# new tie rods



## chubbs34 (Apr 23, 2010)

i'm puting together a set of tie rods and ends and just wanted some opinions. i used four 1/2" heim joints, 2 Lh thread, 2 Rh thread with 1/2" to 3/8" high misalignment spacers. then i ordered swedged tubes from speedway motors which you can order in 1 in. increments. tubes are 3/4" O.D. with 1/2" thread.
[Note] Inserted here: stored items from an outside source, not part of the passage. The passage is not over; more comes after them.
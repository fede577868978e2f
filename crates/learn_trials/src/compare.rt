//! The answers of a learner, and of a walk that asks one, beside that of the search in the defined order.

use crate::walking::is_first;
use brancher::{Outcome, Searcher};
use cover_problem::Problem;
use learner::{Figures, Found, LearnerWatch, Settings, find_cover};
use rand_core::utils::NextWord;
use rand_pcg::Pcg32;
use std::alloc::{AllocError, Global};
use std::fmt::{self, Display, Formatter, Write};

/// A watch that stops nothing.
#[derive(Drop)]
struct Unstopped;

impl LearnerWatch for Unstopped {
    fn look(&mut self, _figures: &Figures) -> bool {
        false
    }
}

/// What was seen.
#[derive(Clone, Copy, Debug, Default)]
pub struct Seen {
    /// How many problems there were.
    problems: u64,
    /// How many of them have a cover.
    covers: u64,
    /// How many conflicts the learners met.
    conflicts: u64,
    /// How many answers differ.
    pub differ: u64,
}

impl Display for Seen {
    fn fmt<W: Write>(&self, f: &mut Formatter<W>) -> fmt::Result {
        write!(
            f,
            "{} problems: {} covers, {} conflicts; {} differ",
            self.problems, self.covers, self.conflicts, self.differ
        )
    }
}

/// Whether two answers say the same: that there is a cover, or that there is none.
fn is_same(found: &Found, outcome: Outcome) -> bool {
    match found {
        Found::Cover(_) => outcome == Outcome::Cover,
        Found::NoCover => outcome == Outcome::Barren,
        Found::Stopped => false,
    }
}

/// Counts a problem, and whether the answers to it are the same; the only error is out of memory.
pub fn compare(
    alloc: Global,
    problem: &Problem,
    rng: &mut Pcg32,
    seen: &mut Seen,
) -> Result<(), AllocError> {
    let settings = Settings {
        seed: u64::from(rng.next_word()),
        ..Settings::new()
    };
    let (found, figures) = find_cover(alloc, problem, settings, &mut Unstopped)?;
    let mut searcher = Searcher::new(alloc, problem)?;
    let outcome = searcher.search(&[], u64::MAX);
    let is_right = is_same(&found, outcome)
        && is_first(alloc, problem, settings, outcome, searcher.found())?;
    seen.problems = seen.problems.saturating_add(1);
    seen.covers = seen
        .covers
        .saturating_add(u64::from(outcome == Outcome::Cover));
    seen.conflicts = seen.conflicts.saturating_add(figures.conflicts);
    seen.differ = seen.differ.saturating_add(u64::from(!is_right));
    Ok(())
}
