//! The machine pushed by its own distances.

ghost use Rattle.std.specs.Prelude.{◌≡◌, ◌<◌, ◌≤◌, ◌*◌, ℕ, All, IfErr, IfOk, OnOk, [], Some, length, slice_get, IfSome};
ghost use Rattle.fst_semiring.specs.Semiring.{IsCost, Within};
ghost use Rattle.fst_machine.specs.Cycles.{IsUseful};
ghost use Rattle.fst_machine.specs.Graph.{graph_of};
ghost use Rattle.fst_machine.specs.Machine.{valued};
ghost use Rattle.fst_search.specs.Distances.{IfImproving, IsListed, IsUsefulDistance, NoneImproves};
ghost use Rattle.fst_distance.specs.Pushing.{IsPushed, value_at};
ghost use Rattle.fst_distance.specs.Values.{Picks, most_distance, value_in};
ghost use Rattle.fst_trim.specs.Handed.{machine_of};

use crate::pushing::Pushing;
use fst_machine::Fst;
use fst_queue::StateQueue;
use fst_search::{DistanceFault, useful_distances};
use fst_semiring::Weight;
use fst_trim::{Connected, Handed, connect_kept};
use std::alloc::{AllocError, Global};

/// What stands in these places of a list.
fn pick<X: Copy>(alloc: Global, all: &[X], places: &[u32]) -> Result<Vec<X>, AllocError>
    requires { All (λ p. p < length all.now) places.now }
    ensures { IfOk result (λ picked. Picks places.now all.now picked.items) }
{
    let mut picked = Vec::with_capacity(alloc, places.len())?;
    for place in places {
        picked.push(all[*place as usize])?;
    }
    Ok(picked)
}

/// The value of the start; Zero where there is none.
fn start_value<W: Weight>(start: Option<u32>, distances: &[W::Wide]) -> W::Wide
    requires { IfSome start (λ s. s < length distances.now) }
    ensures { W.wide_value result ≡ value_at (value_in W.wide_value distances.now) start }
{
    match start {
        Some(state) => distances[state as usize],
        None => W::zero().widen(),
    }
}

/// A pushed machine and its total weight.
#[derive(Drop)]
pub struct Totalled<'a, W: Weight> {
    /// The machine.
    pub pushed: Pushing<'a, W>,
    /// The distance of its start to the final states; Zero where there is no start.
    pub total: W::Wide,
}

/// The connected machine, pushed by these distances of the states of the given one.
fn push_connected<'a, W: Weight>(
    alloc: Global,
    fst: Handed<'a, W>,
    all: &[W::Wide],
) -> Result<Totalled<'a, W>, AllocError>
    requires size { length all.now ≡ length (machine_of fst).states }
    requires distances { (q : ℕ) (d : W.Wide) → slice_get all.now q ≡ Some d → IsUsefulDistance W.KIND (graph_of (valued W.value (machine_of fst))) q (W.wide_value d) }
    requires numbers { (q : ℕ) (d : W.Wide) → slice_get all.now q ≡ Some d → Within (length all.now * 1000000000000000000) (W.wide_value d) }
    requires kinds { (q : ℕ) (d : W.Wide) → slice_get all.now q ≡ Some d → IsCost W.KIND (W.wide_value d) }
    ensures pushed { IfOk result (λ t. IsPushed W.KIND (valued W.value (machine_of fst.entry)) t.pushed (W.wide_value t.total)) }
    ensures range { IfOk result (λ t. Within most_distance (W.wide_value t.total)) }
{
    let _states = fst.fst().states();
    let Connected { machine, kept } = connect_kept(alloc, fst)?;
    let distances = pick(alloc, all, &kept)?;
    let total = start_value::<W>(machine.fst().start(), &distances);
    Ok(Totalled {
        pushed: Pushing::new(machine, distances),
        total,
    })
}

/// The connected machine pushed by the distances of its states to the final states, and its total weight. (Mohri 2009,
/// section 3.4, weight pushing; OpenFst manual, "Push".)
///
/// `ImprovingCycle` exactly where a cycle with a product better than One has states that successful paths meet; the
/// fault lists such a cycle, in the states and places of the given machine. `Memory` may come in place of any answer.
/// After an `Ok` the queue is empty.
///
/// Where all states of the machine are useful, no state or arc is copied; where not, a machine that was given away is given
/// up as soon as the connected one stands.
///
/// Time: that of the distances, and linear in the states and the arcs. Space: linear.
pub fn push_lazily<'a, W: Weight, Q: StateQueue>(
    alloc: Global,
    fst: Handed<'a, W>,
    queue: &mut Q,
) -> Result<Totalled<'a, W>, DistanceFault>
    requires { Q.members queue.old ≡ [] }
    ensures pushed { IfOk result (λ t. IsPushed W.KIND (valued W.value (machine_of fst.entry)) t.pushed (W.wide_value t.total)) }
    ensures range { IfOk result (λ t. Within most_distance (W.wide_value t.total)) }
    ensures none { OnOk result (NoneImproves W.KIND (graph_of (valued W.value (machine_of fst.entry))) (IsUseful (graph_of (valued W.value (machine_of fst.entry))))) }
    ensures cycle { IfErr result (λ f. IfImproving f (IsListed W.KIND (graph_of (valued W.value (machine_of fst.entry))) (IsUseful (graph_of (valued W.value (machine_of fst.entry)))))) }
    ensures empty { OnOk result (Q.members queue.new ≡ []) }
{
    let all = useful_distances::<W, W, Fst<W>, Q>(alloc, fst.fst(), queue)?;
    match push_connected(alloc, fst, &all) {
        Ok(totalled) => Ok(totalled),
        Err(_) => Err(DistanceFault::Memory),
    }
}
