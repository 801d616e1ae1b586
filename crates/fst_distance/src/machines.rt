//! The pushed machine as a machine: with wide weights, or with its total put on its start or removed.

ghost use Rattle.std.specs.Prelude.{◌≡◌, ◌⊎◌, ◌↔◌, ◌<◌, ◌≤◌, ℕ, List, [], false, true, IfErr, IfNone, IfOk, IfSome, OnOk, length};
ghost use Rattle.fst_semiring.specs.Cost.{Cost};
ghost use Rattle.fst_semiring.specs.Semiring.{one_of};
ghost use Rattle.fst_machine.specs.Cycles.{IsUseful};
ghost use Rattle.fst_machine.specs.Distance.{IsFinalDistance};
ghost use Rattle.fst_machine.specs.Graph.{graph_of};
ghost use Rattle.fst_machine.specs.Machine.{arc_total, most_arcs, most_states, valued};
ghost use Rattle.fst_machine.specs.Relation.{Rel};
ghost use Rattle.fst_search.specs.Distances.{NoneImproves};
ghost use Rattle.fst_distance.specs.Pushing.{IsPushed};
ghost use Rattle.fst_trim.specs.Handed.{machine_of};
ghost use Rattle.fst_distance.specs.Totals.{IsAmong, IsPushFault, IsTotalled, IsWithin, Passes, RelatesBy, put_on};

use crate::by_distance::push_lazily;
use crate::fault::PushFault;
use crate::placing::{Place, arc_count, place_of, state_count};
use crate::pushing::Pushing;
use crate::totalling::with_total;
use fst_machine::{Fst, MOST_ARCS, MOST_STATES, NarrowFault};
use fst_queue::StateQueue;
use fst_search::DistanceFault;
use fst_semiring::Weight;
use fst_trim::Handed;
use std::alloc::Global;

/// The limit that the result passes, if it passes one.
fn past_limit<W: Weight>(pushed: &Pushing<'_, W>, place: Place) -> Option<PushFault>
    requires { IsAmong (length pushed.now.states) place }
    ensures some { IfSome result (λ fault. (total : Cost) → Passes (put_on W.KIND total pushed.now place) fault) }
    ensures states { IfNone result ((total : Cost) → length (put_on W.KIND total pushed.now place).states ≤ most_states) }
    ensures arcs { IfNone result ((total : Cost) → arc_total (put_on W.KIND total pushed.now place).states ≤ most_arcs) }
{
    if MOST_STATES < state_count(pushed, place) {
        return Some(PushFault::TooManyStates);
    }
    if (MOST_ARCS as usize) < arc_count(pushed, place) {
        return Some(PushFault::TooManyArcs);
    }
    None
}

/// The connected machine with its weights pushed toward the start by the distances of its states to the final states.
/// The total weight, which is the distance of the start, is removed; or it is put on the final weight and the arcs of the
/// start, or of a copy of it where an arc leads to it. (Mohri 2009, section 3.4, weight pushing; OpenFst manual, "Push".)
///
/// From each state of the pushed machine the distance to the final states is One, for every arc type. With its total put
/// on it relates what the machine relates; with it removed, the total Times what it relates is what the machine relates.
/// The states are looked at in the order in which the queue gives them, which changes the time alone.
///
/// `ImprovingCycle`, `TooManyStates`, `TooManyArcs` and `Overflow` exactly where they hold, in this order; `Memory` may
/// come in place of any answer. After an `Ok` the queue is empty.
///
/// Time: that of the distances, and linear in the states and the arcs. Space: linear; the pushed weights are kept in the
/// result alone.
pub fn push<W: Weight, Q: StateQueue>(
    alloc: Global,
    fst: &Fst<W>,
    remove_total: bool,
    queue: &mut Q,
) -> Result<Fst<W>, PushFault>
    requires { Q.members queue.old ≡ [] }
    ensures machine { IfOk result (λ r. IsTotalled W.KIND remove_total (valued W.value fst.now) (valued W.value r)) }
    ensures keeps { remove_total ≡ false → IfOk result (λ r. (x y : List ℕ) (w : Cost) → Rel W.KIND (graph_of (valued W.value fst.now)) x y w ↔ Rel W.KIND (graph_of (valued W.value r)) x y w) }
    ensures removes { remove_total ≡ true → IfOk result (λ r. (total : Cost) × IsPushed W.KIND (valued W.value fst.now) (valued W.value r) total × RelatesBy W.KIND total (valued W.value fst.now) (valued W.value r)) }
    ensures one { remove_total ≡ true → IfOk result (λ r. (p : ℕ) → p < length (valued W.value r).states → IsFinalDistance W.KIND (graph_of (valued W.value r)) p (one_of W.KIND)) }
    ensures within { IfOk result (λ r. IsWithin (valued W.value r)) }
    ensures none { OnOk result (NoneImproves W.KIND (graph_of (valued W.value fst.now)) (IsUseful (graph_of (valued W.value fst.now)))) }
    ensures fault { IfErr result (λ f. IsPushFault W.KIND remove_total (valued W.value fst.now) f ⊎ (f ≡ PushFault.Memory)) }
    ensures empty { OnOk result (Q.members queue.new ≡ []) }
{
    push_handed(alloc, Handed::Lent(fst), remove_total, queue)
}

/// The same of a machine that is given away. It is given up as soon as its connected machine stands, so that no more than
/// two machines are kept at once.
pub fn into_pushed<'a, W: Weight + 'a, Q: StateQueue>(
    alloc: Global,
    fst: Fst<W>,
    remove_total: bool,
    queue: &'a mut Q,
) -> Result<Fst<W>, PushFault>
    requires { Q.members queue.old ≡ [] }
    ensures machine { IfOk result (λ r. IsTotalled W.KIND remove_total (valued W.value fst) (valued W.value r)) }
    ensures keeps { remove_total ≡ false → IfOk result (λ r. (x y : List ℕ) (w : Cost) → Rel W.KIND (graph_of (valued W.value fst)) x y w ↔ Rel W.KIND (graph_of (valued W.value r)) x y w) }
    ensures removes { remove_total ≡ true → IfOk result (λ r. (total : Cost) × IsPushed W.KIND (valued W.value fst) (valued W.value r) total × RelatesBy W.KIND total (valued W.value fst) (valued W.value r)) }
    ensures one { remove_total ≡ true → IfOk result (λ r. (p : ℕ) → p < length (valued W.value r).states → IsFinalDistance W.KIND (graph_of (valued W.value r)) p (one_of W.KIND)) }
    ensures within { IfOk result (λ r. IsWithin (valued W.value r)) }
    ensures none { OnOk result (NoneImproves W.KIND (graph_of (valued W.value fst)) (IsUseful (graph_of (valued W.value fst)))) }
    ensures fault { IfErr result (λ f. IsPushFault W.KIND remove_total (valued W.value fst) f ⊎ (f ≡ PushFault.Memory)) }
    ensures empty { OnOk result (Q.members queue.new ≡ []) }
{
    let handed: Handed<'a, W> = Handed::Own(fst);
    push_handed(alloc, handed, remove_total, queue)
}

/// The same of a machine that is lent or given away.
fn push_handed<W: Weight, Q: StateQueue>(
    alloc: Global,
    fst: Handed<'_, W>,
    remove_total: bool,
    queue: &mut Q,
) -> Result<Fst<W>, PushFault>
    requires { Q.members queue.old ≡ [] }
    ensures machine { IfOk result (λ r. IsTotalled W.KIND remove_total (valued W.value (machine_of fst.entry)) (valued W.value r)) }
    ensures keeps { remove_total ≡ false → IfOk result (λ r. (x y : List ℕ) (w : Cost) → Rel W.KIND (graph_of (valued W.value (machine_of fst.entry))) x y w ↔ Rel W.KIND (graph_of (valued W.value r)) x y w) }
    ensures removes { remove_total ≡ true → IfOk result (λ r. (total : Cost) × IsPushed W.KIND (valued W.value (machine_of fst.entry)) (valued W.value r) total × RelatesBy W.KIND total (valued W.value (machine_of fst.entry)) (valued W.value r)) }
    ensures one { remove_total ≡ true → IfOk result (λ r. (p : ℕ) → p < length (valued W.value r).states → IsFinalDistance W.KIND (graph_of (valued W.value r)) p (one_of W.KIND)) }
    ensures within { IfOk result (λ r. IsWithin (valued W.value r)) }
    ensures none { OnOk result (NoneImproves W.KIND (graph_of (valued W.value (machine_of fst.entry))) (IsUseful (graph_of (valued W.value (machine_of fst.entry))))) }
    ensures fault { IfErr result (λ f. IsPushFault W.KIND remove_total (valued W.value (machine_of fst.entry)) f ⊎ (f ≡ PushFault.Memory)) }
    ensures empty { OnOk result (Q.members queue.new ≡ []) }
{
    let _states = fst.fst().states();
    let totalled = match push_lazily(alloc, fst, queue) {
        Ok(totalled) => totalled,
        Err(DistanceFault::ImprovingCycle { cycle }) => {
            return Err(PushFault::ImprovingCycle { cycle });
        }
        Err(DistanceFault::Memory) => return Err(PushFault::Memory),
    };
    let place = place_of(&totalled.pushed, totalled.total, remove_total);
    match past_limit(&totalled.pushed, place) {
        Some(fault) => return Err(fault),
        None => {}
    }
    match with_total(alloc, &totalled.pushed, totalled.total, place) {
        Ok(made) => Ok(made),
        Err(NarrowFault::Overflow { state }) => Err(PushFault::Overflow { state }),
        Err(NarrowFault::Memory) => Err(PushFault::Memory),
    }
}
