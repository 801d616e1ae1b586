//! Why a machine is not pushed.

use fst_machine::Path;
use std::fmt;

/// Why a machine is not pushed. The first that holds, in this order, is the answer; `Memory` may come in place of any
/// answer.
#[derive(Drop)]
pub enum PushFault {
    /// A cycle on states that successful paths meet is better than One, so that there are no distances. It is listed from
    /// one of its states back to that state.
    ImprovingCycle {
        /// The cycle.
        cycle: Path,
    },
    /// The copied start would be state 4,194,304.
    TooManyStates,
    /// With the arcs of the copied start there would be more than 33,554,432.
    TooManyArcs,
    /// A weight of this state of the result, the first such, has a number of absolute value above 10 to the 18.
    Overflow {
        /// The number of the state.
        state: u32,
    },
    /// There is no memory.
    Memory,
}

/// Says why, as `number too large at state 10`; the cycle is not told.
impl fmt::Display for PushFault {
    ghost use Rattle.std.specs.Prelude.{Some};
    ghost use Rattle.fst_distance.specs.Totals.{push_text};

    ghost output = { λ fault. Some (push_text fault) };

    fn fmt<W: fmt::Write>(&self, f: &mut fmt::Formatter<W>) -> fmt::Result {
        match self {
            PushFault::ImprovingCycle { cycle: _ } => f.write_str("improving cycle"),
            PushFault::TooManyStates => f.write_str("too many states"),
            PushFault::TooManyArcs => f.write_str("too many arcs"),
            PushFault::Overflow { state } => write!(f, "number too large at state {state}"),
            PushFault::Memory => f.write_str("out of memory"),
        }
    }
}
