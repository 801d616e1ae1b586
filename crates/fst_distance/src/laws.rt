//! The laws of pushed weights, on the contract of a function with nothing to do, so that they are proved.

ghost use Rattle.std.specs.Prelude.{Bool};
ghost use Rattle.fst_semiring.specs.Cost.{Cost};
ghost use Rattle.fst_semiring.specs.declared.arc_type.ArcType.{ArcType};
ghost use Rattle.fst_machine.specs.Machine.{Machine};
ghost use Rattle.fst_distance.specs.Pushing.{IsPushed};
ghost use Rattle.fst_distance.specs.PushLaws.{PushedLaws};
ghost use Rattle.fst_distance.specs.Totals.{OneAnswer};

/// In a pushed machine the distance from each state to the final states is One, for every arc type, and the total Times
/// what it relates is what the machine relates.
pub fn push_laws()
    ensures { (kind : ArcType) (m r : Machine Cost) (total : Cost) → IsPushed kind m r total → PushedLaws kind m r total }
{}

/// What pushing makes of a machine is determined, and so is what is told where it makes nothing: one machine, or faults
/// that say the same, and never both.
pub fn one_answer_laws()
    ensures { (kind : ArcType) (removed : Bool) (m : Machine Cost) → OneAnswer kind removed m }
{}
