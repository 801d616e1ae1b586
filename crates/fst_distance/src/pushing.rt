//! A machine with its weights pushed toward the start.

ghost use Rattle.std.specs.Prelude.{◌≡◌, ◌≢◌, ◌<◌, ◌≤◌, ◌+◌, All, OnOk, Some, IfSome, length, map, slice_get};
ghost use Rattle.std.specs.Bool.{Decides};
ghost use Rattle.std.specs.Option.{option_map};
ghost use Rattle.fst_semiring.specs.Cost.{infinite, plus};
ghost use Rattle.fst_semiring.specs.Semiring.{IsCost, IsWide, Within, times};
ghost use Rattle.fst_semiring.specs.Division.{push_quotient};
ghost use Rattle.fst_machine.specs.Graph.{graph_of};
ghost use Rattle.fst_machine.specs.Machine.{IsMachine, arc_total, valued, valued_arc};
ghost use Rattle.fst_distance.specs.Pushing.{pushed_by, pushed_machine, value_at};
ghost use Rattle.fst_distance.specs.Totals.{IsEntered};
ghost use Rattle.fst_trim.specs.Handed.{machine_of};
ghost use Rattle.fst_distance.specs.Values.{HasDistances, LeadsTo, most_distance, most_pushed, value_in};

use fst_machine::{FstArc, WideArc};
use fst_semiring::Weight;
use fst_trim::Handed;
use std::alloc::AllocError;
use std::cmp::Ordering;
use std::marker::Model;

/// Push division: One where the two are equal, else subset division.
fn push_divide<W: Weight>(weight: W::Wide, by: W::Wide) -> W::Wide
    requires by_not_zero { W.wide_value by ≢ infinite }
    requires by_no_worse { plus (W.wide_value by) (W.wide_value weight) ≡ W.wide_value by }
    requires weight_wide { IsWide (W.wide_value weight) }
    requires by_wide { IsWide (W.wide_value by) }
    ensures quotient { W.wide_value result ≡ push_quotient W.KIND (W.wide_value weight) (W.wide_value by) }
    ensures kind { IsCost W.KIND (W.wide_value result) }
{
    match W::wide_compare(weight, by) {
        Ordering::Equal => W::one().widen(),
        _ => W::wide_divide(weight, by),
    }
}

/// The weight Times the distance of the end of its arc, divided by the distance of the state that it leaves.
fn push_weight<W: Weight>(weight: W, next: W::Wide, own: W::Wide) -> W::Wide
    requires own_not_zero { W.wide_value own ≢ infinite }
    requires no_worse { plus (W.wide_value own) (times W.KIND (W.value weight) (W.wide_value next)) ≡ W.wide_value own }
    requires next_within { Within most_distance (W.wide_value next) }
    requires own_within { Within most_distance (W.wide_value own) }
    ensures pushed { W.wide_value result ≡ push_quotient W.KIND (times W.KIND (W.value weight) (W.wide_value next)) (W.wide_value own) }
    ensures kind { IsCost W.KIND (W.wide_value result) }
    ensures range { Within most_pushed (W.wide_value result) }
{
    let product = W::wide_times(weight.widen(), next);
    push_divide::<W>(product, own)
}

/// Fills a list with these arcs, their weights pushed.
fn put_pushed<W: Weight>(
    out: &mut Vec<WideArc<W>>,
    arcs: &[FstArc<W>],
    distances: &[W::Wide],
    own: W::Wide,
) -> Result<(), AllocError>
    requires ends { All (λ a. a.next < length distances.now) arcs.now }
    requires own_not_zero { W.wide_value own ≢ infinite }
    requires own_within { Within most_distance (W.wide_value own) }
    requires next_within { All (λ d. Within most_distance (W.wide_value d)) distances.now }
    requires no_worse { All (λ a. plus (W.wide_value own) (times W.KIND (W.value a.weight) (value_in W.wide_value distances.now a.next)) ≡ W.wide_value own) arcs.now }
    ensures arcs { OnOk result (map (valued_arc W.wide_value) out.new.items ≡ map (λ a. pushed_by W.KIND (value_in W.wide_value distances.now) (W.wide_value own) (valued_arc W.value a)) arcs.now) }
    ensures good { OnOk result (All (λ a. IsCost W.KIND (W.wide_value a.weight) × Within most_pushed (W.wide_value a.weight)) out.new.items) }
{
    out.clear();
    for arc in arcs {
        let next = distances[arc.next as usize];
        let weight = push_weight::<W>(arc.weight, next, own);
        out.push(FstArc {
            ilabel: arc.ilabel,
            olabel: arc.olabel,
            weight,
            next: arc.next,
        })?;
    }
    Ok(())
}

/// Whether one of these arcs leads to a state.
fn leads_to<W: Weight>(arcs: &[FstArc<W>], state: u32) -> bool
    ensures { LeadsTo arcs.now state result }
{
    for arc in arcs {
        if arc.next == state {
            return true;
        }
    }
    false
}

/// A trim machine with its weights pushed by the distances of its states to the final states. The weights are computed
/// where they are asked for, so that no second machine is kept.
#[derive(Drop)]
pub struct Pushing<'a, W: Weight> {
    fst: Handed<'a, W>,
    distances: Vec<W::Wide>,
}

impl<'a, W: Weight> Model for Pushing<'a, W> {
    ghost use Rattle.std.specs.Prelude.{◌≡◌, length};
    ghost use Rattle.fst_semiring.specs.Cost.{Cost};
    ghost use Rattle.fst_machine.specs.Machine.{Machine, valued};
    ghost use Rattle.fst_trim.specs.Handed.{machine_of};
    ghost use Rattle.fst_distance.specs.Pushing.{pushed_machine};
    ghost use Rattle.fst_distance.specs.Values.{HasDistances, value_in};

    ghost Value = { Machine Cost };

    ghost view = { λ p. pushed_machine W.KIND (value_in W.wide_value p.distances.items) (valued W.value (machine_of p.fst)) };

    ghost invariant = { λ p. (length p.distances.items ≡ length (machine_of p.fst).states) × HasDistances W.KIND (valued W.value (machine_of p.fst)) (value_in W.wide_value p.distances.items) };
}

impl<'a, W: Weight> Pushing<'a, W> {
    /// A trim machine, pushed by its distances. Takes no memory.
    pub fn new(fst: Handed<'a, W>, distances: Vec<W::Wide>) -> Pushing<'a, W>
        requires size { length distances.items ≡ length (machine_of fst).states }
        requires distances { HasDistances W.KIND (valued W.value (machine_of fst)) (value_in W.wide_value distances.items) }
        ensures { result ≡ pushed_machine W.KIND (value_in W.wide_value distances.items) (valued W.value (machine_of fst.entry)) }
    {
        Pushing { fst, distances }
    }

    /// The start; `None` exactly where there is none. Takes no memory.
    pub fn start(&self) -> Option<u32>
        ensures { result ≡ self.now.start }
    {
        self.fst.fst().start()
    }

    /// The number of states, and with it what holds of the machine. Takes no memory.
    pub fn states(&self) -> u32
        ensures value { result ≡ length self.now.states }
        ensures machine { IsMachine (λ v. v) self.now }
    {
        self.fst.fst().states()
    }

    /// The number of arcs of all states together. Takes no memory.
    pub fn arc_count(&self) -> u32
        ensures { result ≡ arc_total self.now.states }
    {
        self.fst.fst().arc_count()
    }

    /// The number of arcs of a state. Takes no memory.
    pub(crate) fn arcs_of(&self, state: u32) -> usize
        requires { state < length self.now.states }
        ensures { result ≡ length ((graph_of self.now).arcs state) }
    {
        self.fst.fst().arcs(state).len()
    }

    /// Whether an arc leads to a state. Takes no memory.
    pub(crate) fn is_entered(&self, state: u32) -> bool
        ensures { Decides result (IsEntered self.now state) }
    {
        let fst = self.fst.fst();
        for from in 0..fst.states() {
            if leads_to(fst.arcs(from), state) {
                return true;
            }
        }
        false
    }

    /// The final weight of a state, pushed. Takes no memory.
    pub fn final_weight(&self, state: u32) -> W::Wide
        requires { state < length self.now.states }
        ensures value { W.wide_value result ≡ (graph_of self.now).final state }
        ensures kind { IsCost W.KIND (W.wide_value result) }
        ensures range { Within most_pushed (W.wide_value result) }
    {
        let last = self.fst.fst().final_weight(state);
        push_divide::<W>(last.widen(), self.distances[state as usize])
    }

    /// Fills a list with the arcs of a state, their weights pushed.
    pub fn put_arcs(&self, out: &mut Vec<WideArc<W>>, state: u32) -> Result<(), AllocError>
        requires { state < length self.now.states }
        ensures arcs { OnOk result (map (valued_arc W.wide_value) out.new.items ≡ (graph_of self.now).arcs state) }
        ensures good { OnOk result (All (λ a. IsCost W.KIND (W.wide_value a.weight) × Within most_pushed (W.wide_value a.weight)) out.new.items) }
    {
        let fst = self.fst.fst();
        let _states = fst.states();
        let own = self.distances[state as usize];
        put_pushed::<W>(out, fst.arcs(state), &self.distances, own)?;
        Ok(())
    }
}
I only had about $60.00 in all, which is a fraction of price of aftermarket rods.


----------



## wood butcher (May 11, 2009)

lets us know how well they work out


----------



## swampthing (May 2, 2010)

A friend of mine just made pretty much the same design w/ heim joints for his 700 kitty cat w tatou 4s trax. he's been runnin it fer bout a month n says there is far less play/slop and less to wear.


----------



## chubbs34 (Apr 23, 2010)

yeah i will . the ends i'm not worried about because they're rated at like 12,000 lbs or something crazy. i just wasn't sure about the tubes because they're not solid, but these swedged tubes are what circle track guys use. so they must withstand some abuse


----------



## Polaris425 (Dec 16, 2004)

pretty cool! :rockn:


----------



## chubbs34 (Apr 23, 2010)

thanks i figured you could make about three sets for the price of one


----------



## wood butcher (May 11, 2009)

let us know where u got ur parts from


----------



## chubbs34 (Apr 23, 2010)

i got the heim ends and misalignment spacers from a company called QS components. They have a website. You can also find heims at Jeg's or summit racing. the swedged tubes i got at speedway motors online. You can get the tubes in aluminum or steel


----------



## wood butcher (May 11, 2009)

what did u use for studs


----------



## chubbs34 (Apr 23, 2010)

just a 3/8" bolt. hey woodbutcher where did you get that cup holder


----------



## wood butcher (May 11, 2009)

chubbs34 said:


> just a 3/8" bolt. hey woodbutcher where did you get that cup holder


 its from louder vision


----------



## blue beast (Feb 16, 2010)

chubbs34 said:


> i got the heim ends and misalignment spacers from a company called QS components. They have a website. You can also find heims at Jeg's or summit racing. the swedged tubes i got at speedway motors online. You can get the tubes in aluminum or steel


do they rub together at the stem with the 3/8" bolt...i was told to use a 1/2" bolt.then drill out the stem knuckles.....but need to find some spacers for it...so they wont rub


----------



## Cobb_05 (Oct 3, 2011)

chubbs34 said:


> yeah i will . the ends i'm not worried about because they're rated at like 12,000 lbs or something crazy. i just wasn't sure about the tubes because they're not solid, but these swedged tubes are what circle track guys use. so they must withstand some abuse


Well they are the weak link in the steering system so when we crash and i did say 'when," they break instead of the steering box or other parts. On a side note they should withstand a lot, because modified's use them for the pull bar and the trial arms on the rear.


----------